日本海を渡り会津に移り住んだ人々②
■能登半島は古代日本の航路目標
天平二十年(748)、越中守大伴家持(おおとものやかもち)が能登を巡行し当社に参詣して詠んだ歌は、いま注目の『万葉集』にも載る。
気多大社は、延喜の制(927年)で能登国一の宮とされ、半島一円の鎮護の重要拠点だった。
周辺には太古から人々が住み、弥生時代には、低湿地を利用したコメ作りが行われた。
5世紀には円墳や前方後円墳などが次々に築かれ、古墳時代の一大拠点となる。古代の日本海の交通にとってこの半島は大きな航路目標だった。
気多大社には、1万坪の天然記念物「入らずの森」という古来の聖地がある。
この森は亜熱帯性照樹林におおわれ、国の天然記念物に指定されている。
当地のタブノキは、民俗学者の折口信夫『古代研究』のグラビアに掲載され、対馬海流のもたらす南方文化の象徴として紹介された。

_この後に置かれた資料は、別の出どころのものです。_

// The lines of a script that are about version 2, either version, the gap report and the moves, after their first word.
use crate::gaps::GapLine;
use crate::lines;
use crate::lines::Line;
use crate::versions::VersionOperation;
use script::reader::Reader;

fn asked(row: Reader, operation: VersionOperation) -> Line {
    lines::whole(row, Line::Version(operation))
}

// ---- version 2

pub(crate) fn second(row: Reader) -> Line {
    match row.byte() {
        b'n' => asked(row.after(b"new"), VersionOperation::New),
        b'c' => asked(row.after(b"check"), VersionOperation::Check),
        b'r' => record(row.after(b"record")),
        b'a' => append(row.after(b"append")),
        _ => Line::Unread,
    }
}

fn record(mut row: Reader) -> Line {
    let operation = VersionOperation::Record(row.place());
    asked(row, operation)
}

fn append(mut row: Reader) -> Line {
    let Some(kind) = row.kind() else {
        return Line::Unread;
    };
    let operation = VersionOperation::Append {
        kind,
        field: row.word16(),
        date: row.date(),
    };
    asked(row, operation)
}

// ---- either version

pub(crate) fn any(row: Reader) -> Line {
    match row.byte() {
        b'c' => asked(row.after(b"check"), VersionOperation::AnyCheck),
        b'f' => figures(row.after(b"figures")),
        _ => records_or_report(row.after(b"re")),
    }
}

// By the third letter of the word after `any`.
fn records_or_report(row: Reader) -> Line {
    match row.byte() {
        b'p' => report(row.after(b"port")),
        _ => record_or_records(row.after(b"cord")),
    }
}

// By the letter after `record`.
fn record_or_records(row: Reader) -> Line {
    match row.byte() {
        b's' => walk(row.after(b"s")),
        _ => any_record(row),
    }
}

fn any_record(mut row: Reader) -> Line {
    let operation = VersionOperation::AnyRecord(row.place());
    asked(row, operation)
}

// Of more numbers than there are to lend it is told as unread.
fn walk(mut row: Reader) -> Line {
    let line = Line::Walk {
        place: row.place(),
        numbers: row.place(),
    };
    lines::whole(row, line)
}

fn report(mut row: Reader) -> Line {
    let asked = GapLine::Report(row.place());
    lines::whole(row, Line::Gaps(asked))
}

fn figures(mut row: Reader) -> Line {
    let asked = GapLine::Figures(row.place());
    lines::whole(row, Line::Gaps(asked))
}

// ---- the moves

pub(crate) fn to(mut row: Reader) -> Line {
    let upward = match row.place() {
        1 => false,
        2 => true,
        _ => return Line::Unread,
    };
    let line = Line::Move {
        upward,
        room: row.place(),
        byte: row.byte8(),
    };
    lines::whole(row, line)
}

タブノキはまた、能登の各地で杜神の神体として尊ばれ、榊にかわって神事にも登場する。
(天然記念物「入らずの森」近くの散策道)
■邑知潟は、翡翠の集積地だった
気多大社の羽咋市(日本海側)から、北東へ約20キロ、能登半島を斜めに突き抜けるようにして行くと、富山湾側の七尾市には「気多本宮」がある。
この一帯は、邑知潟という潟湖(せきこ)だった。
弥生・古墳時代、南方の民が能登半島の西岸にたどり着き、新潟方面へ船を進める場合には、半島をぐるりと回るのではなく、この邑知潟の川を利用して七尾市側へ抜けたのだという。
(気多本宮 石川県七尾市)
邑知潟には、翡翠の原石の加工場や造船所と思われる遺跡群があることから、応神帝の時代には、翡翠の集積地だと考えられる。

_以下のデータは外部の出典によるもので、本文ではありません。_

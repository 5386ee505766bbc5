// What is told of the lines of a script of books. These functions write, which no contract can say.
use crate::operations::Told;
use book::Record;
use refusals::Refusal;
use script::telling;
use std::fmt::Display;
use std::io;
use std::io::Write;

// `LINE = ANSWER [BUFFER]`, with the field number of a record or without.
pub(crate) fn tell<W: Write>(
    out: &mut W,
    row: &[u8],
    told: Result<Told, Refusal>,
    with_field: bool,
    buffer: &[u8],
) -> io::Result<()> {
    answer(out, row, told, with_field)?;
    telling::buffer(out, buffer)
}

// `LINE = ANSWER {`, before all that an operation was lent, and `} [BUFFER]` after it.
pub(crate) fn before_lent<W: Write>(
    out: &mut W,
    row: &[u8],
    told: Result<Told, Refusal>,
) -> io::Result<()> {
    answer(out, row, told, true)?;
    out.write_all(b" {")
}

pub(crate) fn after_lent<W: Write>(out: &mut W, buffer: &[u8]) -> io::Result<()> {
    out.write_all(b"}")?;
    telling::buffer(out, buffer)
}

// All numbers that an operation was lent.
pub(crate) fn numbers<W: Write, T: Display + Copy>(out: &mut W, numbers: &[T]) -> io::Result<()> {
    for (i, n) in numbers.iter().enumerate() {
        if 0 < i {
            out.write_all(b" ")?;
        }
        let n = *n;
        write!(out, "{n}")?;
    }
    Ok(())
}

fn answer<W: Write>(
    out: &mut W,
    row: &[u8],
    told: Result<Told, Refusal>,
    with_field: bool,
) -> io::Result<()> {
    telling::asked(out, row)?;
    match told {
        Ok(Told::Done) => out.write_all(b"done"),
        Ok(Told::Number(n)) => write!(out, "{n}"),
        Ok(Told::Record(Record { kind, field, date })) => {
            if with_field {
                telling::field_dated(out, kind, field, date)
            } else {
                telling::dated(out, kind, date)
            }
        }
        Err(refusal) => telling::refused(out, refusal),
    }
}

日本海にはかなり早い時代から、那の津(博多)から新潟付近まで港を繋いでゆく「翡翠の道」と「鉄の道」ができていたという(長野正孝氏『古代史の謎は「海路」で解ける』)。
つまり、富山県の姫川で採れる貴重な翡翠は、遠く朝鮮半島まで運ぶ西行のルートで運ばれ、鉄は逆に、朝鮮半島から那の津・穴門(あなと)(関門海峡)・出雲を経て、丹後から東へ向かうルートで運ばれていたのだ。
■広範囲な交易ルート
縄文中期の遺跡、会津の法相(ほうしょう)尻(じり)遺跡(磐梯町・猪苗代町)で出土したヒスイ大珠(長さ8.4㎝、鰹節型)も、この交易ルートの新潟から阿賀野川を通り会津に渡ったのだろう。

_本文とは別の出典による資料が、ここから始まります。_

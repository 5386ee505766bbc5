// Runs the script of book operations and table operations that stands on standard input: each line is read, done on the one buffer,
// and told.
// `compare/README.md` has the format of the script and of what is told.
#![tactic(auto)]

ghost use Rattle.std.specs.Prelude.{◌≡◌, ◌≤◌, length};

use crate::lines::Line;
use book_versions::any;
use script::rooms::Rooms;
use script::{preparing, running};
use std::io;
use std::io::{Read, Write};

mod gaps;
mod lines;
mod operations;
mod setting;
mod table_lines;
mod tables;
mod telling;
mod version_lines;
mod versions;

fn main(rt: HostRuntime) -> io::Result<()> {
    let mut script = intake::room::<262144>();
    let mut buffers = intake::room::<262144>();
    let mut targets = intake::room::<262144>();
    let n = intake::read_full(&mut rt.reader(), &mut script)?;
    let mut rooms = Rooms::new(&mut buffers, &mut targets);
    running::run(&mut io::writer(&rt), &script[..n], |out, row| {
        step(out, row, &mut rooms)
    })
}

// Does one line. A line that cannot be done is told as such, which no expected output has. Whatever happens, at an error
// too, the room stays as long as it was, and the buffer within it.
fn step<W: Write>(out: &mut W, row: &[u8], rooms: &mut Rooms) -> io::Result<()>
    ensures room_kept { length rooms.new.room.now ≡ length rooms.old.room.now }
    ensures size_in_bounds { rooms.new.size ≤ length rooms.old.room.now }
{
    let buffer = &mut rooms.room[..rooms.size];
    match lines::read(row) {
        Line::Remark => script::telling::remark(out, row),
        Line::Buffer { length, byte } => {
            let done = rooms.start(length, byte);
            script::telling::unread_unless(out, row, done)
        }
        Line::Set { place, byte } => {
            let done = preparing::set_byte(buffer, place, byte);
            script::telling::unread_unless(out, row, done)
        }
        Line::Copy { from, count, to } => {
            let done = setting::copy(buffer, from, count, to);
            script::telling::unread_unless(out, row, done)
        }
        Line::Entries {
            place,
            first,
            count,
            code,
        } => {
            let done = preparing::entries(buffer, place, first, count, code);
            script::telling::unread_unless(out, row, done)
        }
        Line::Operation(operation) => {
            let told = operations::operate(buffer, operation);
            telling::tell(out, row, told, false, buffer)
        }
        Line::Version(operation) => {
            let told = versions::operate(buffer, operation);
            telling::tell(out, row, told, true, buffer)
        }
        Line::Walk { place, numbers } => walk(out, row, buffer, place, numbers),
        Line::Gaps(asked) => gaps::tell(out, row, buffer, asked),
        Line::Move { upward, room, byte } => moved(out, row, rooms, upward, room, byte),
        Line::Table(operation) => {
            let told = tables::operate(buffer, operation);
            script::telling::table(out, row, told, buffer)
        }
        Line::Unread => script::telling::unread(out, row),
    }
}

// The walk over a book, into so many numbers, each 7 before.
fn walk<W: Write>(
    out: &mut W,
    row: &[u8],
    book: &[u8],
    place: usize,
    numbers: usize,
) -> io::Result<()> {
    if 64 < numbers {
        return script::telling::unread(out, row);
    }
    let mut lent = [7u32; 64];
    let lent = &mut lent[..numbers];
    let told = operations::counted(any::records(book, place, lent));
    telling::before_lent(out, row, told)?;
    telling::numbers(out, lent)?;
    telling::after_lent(out, book)
}

// Moves the book in the buffer into a target of so many bytes, each this one before. Where that is done, the target is the buffer from then
// on.
fn moved<W: Write>(
    out: &mut W,
    row: &[u8],
    rooms: &mut Rooms,
    upward: bool,
    long: usize,
    byte: u8,
) -> io::Result<()>
    ensures room_kept { length rooms.new.room.now ≡ length rooms.old.room.now }
    ensures size_in_bounds { rooms.new.size ≤ length rooms.old.room.now }
{
    if rooms.room.len() < long || rooms.spare.len() < long {
        return script::telling::unread(out, row);
    }
    let target = &mut rooms.spare[..long];
    preparing::fill(target, byte);
    let told = versions::move_book(&rooms.room[..rooms.size], target, upward);
    telling::tell(out, row, told, false, target)?;
    if told.is_ok() {
        rooms.take(long);
    }
    Ok(())
}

もっとも、姫川の翡翠は、北海道南部や薩摩半島・沖縄の遺跡からも見つかるから、さらに広範囲な交易ルートができていたはずだ。
もちろん、運ばれるモノは、翡翠と鉄だけではない。
船で鉄製品などを調達した地域では、その対価として、現地の特産物を船積みしたはずだ(傭兵など人を送り込むこともあったかもしれない)。
■会津盆地には豪族が群立
4世紀の会津盆地には、大型の前方後円墳を築いた豪族が群立した。
この豪族たちの巨万の富は、阿賀野川や只見川などの大河を利用した、船での交易を抜きには語れないだろう。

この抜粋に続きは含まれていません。